Data entry: Dedicated staff entered or downloaded all data from the remote assessments into the electronic database as per the usual process for the longitudinal data entry. The source documents will be examined and monitored by the sponsor on‐site monitoring team as per usual practice.
3. DISCUSSION
3.1. Operational challenges and mitigating strategies
Participants welcomed the initiative, with 90% of them willing to undergo assessments by videocall and 70% of visits successfully accomplished in the first few weeks. Although they all reported possession of suitable equipment at home, this information could not be relied upon in practice, as technical obstacles became evident when pre‐visit videocalls were attempted. In some cases, the problem was insurmountable (eg, no web camera). In other cases, staff were able to advise the participant, by phone, on how to enable the video link. These technical advisory phone calls initially took up to 2 hours but were ultimately reduced to approximately 30 minutes, once solutions for recurrent issues were identified. Issues included difficulty with download of software required for video teleconferencing, and was emphasised by device incompatibility, and/ or technical inabilities. Indeed in the first month of conducting the remote visits, 17% of the virtual visits could not proceed and had to be re‐scheduled due to technical issues and non‐compatible/‐viable equipment for video calls.
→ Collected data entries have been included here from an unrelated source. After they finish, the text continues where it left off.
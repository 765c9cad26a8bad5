//! Functions that find granules and realms, and compare the owners of granules.
ghost use Rattle.std.specs.Prelude.{◌≡◌, ◌+◌, ◌<◌, IfSome};
ghost use Rattle.rmm_model.specs.Granule.{realm_of};
ghost use Rattle.rmm_model.specs.Machine.{granule_count, granule_at};
ghost use Rattle.rmm_model.specs.Realm.{IsServed};
ghost use Rattle.rmm_model.specs.Walk as walks;
ghost use Rattle.rmm_model.specs.Command.PsciComplete as completing;

use crate::Granules;
use granule_addr::Gran;
use page_arena::PageStore;
use rmm_model::RmmRealm;

/// Returns the granule whose number is `k` above that of `first`.
pub fn granule_after(first: Gran, k: u16) -> Gran
    requires { first + k < 4096 }
    ensures { result ≡ first + k }
{
    Gran::from_number(first.number() + k)
}

/// Returns the granule that contains an address, or `None` if the address is outside the machine.
#[tactic(auto, unfolding(rmm_model::specs::Walk::granule_named))]
pub fn granule_named<S: PageStore>(granules: &Granules<S>, address: u64) -> Option<Gran>
    ensures value { result ≡ walks.granule_named granules.now address }
    ensures inside { IfSome result (λ granule. granule < granule_count granules.now) }
{
    if granules.is_inside(address) {
        Some(granules.number_of(address))
    } else {
        None
    }
}

/// Returns the attributes of the realm whose RD is granule `rd`, or `None` if `rd` is not an RD, or is not in the
/// machine.
pub fn realm_in<S: PageStore>(granules: &Granules<S>, rd: Gran) -> Option<RmmRealm>
    ensures value { result ≡ realm_of (granule_at granules.now rd).state }
    ensures inside { IfSome result (λ _. rd < granule_count granules.now) }
    ensures served { IfSome result (IsServed (granule_count granules.now)) }
{
    if rd.number() < granules.count() {
        granules.realm(rd)
    } else {
        None
    }
}

/// Returns whether two owners of granules are the same RD, or are both absent.
pub fn is_same_owner(a: Option<Gran>, b: Option<Gran>) -> bool
    ensures { result ≡ completing.is_same_owner a b }
{
    match a {
        Some(first) => match b {
            Some(second) => first == second,
            None => false,
        },
        None => b.is_none(),
    }
}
The virtual visits required suitable video quality for administration of cognitive assessments. Permission to use electronic copies of the stimulus materials made it possible to display clear‐quality images on the participant's screen via PowerPoint to minimize reliance on the quality of the webcam video display. Participants’ written and drawn responses were successfully viewed via the video link and saved as screenshots. Audio communication was successfully achieved either via computer or by telephone. Significant distractions were generally absent and, if present, could often be addressed by the rater. Assessment of orientation to date and time required consideration (as this information appears routinely on computer screens) and was addressed by asking the participant to close their eyes before orientation questions were posed. Remote quality checking and monitoring of paper record forms were made possible by uploading digitally captured record forms although, where possible, the physical transfer of forms by courier proved more efficient. All participants were able to complete self‐report questionnaires on their home computing devices, with some expressing a preference for this medium.
Early indicators suggest that the initiative is helping to maintain participant engagement and ensure retention. Initial feedback was positive, as most participants who have completed the assessments found the process more convenient than having to travel to the study site, and appreciated the opportunity to take part in a constructive activity during COVID‐19 lockdown restrictions.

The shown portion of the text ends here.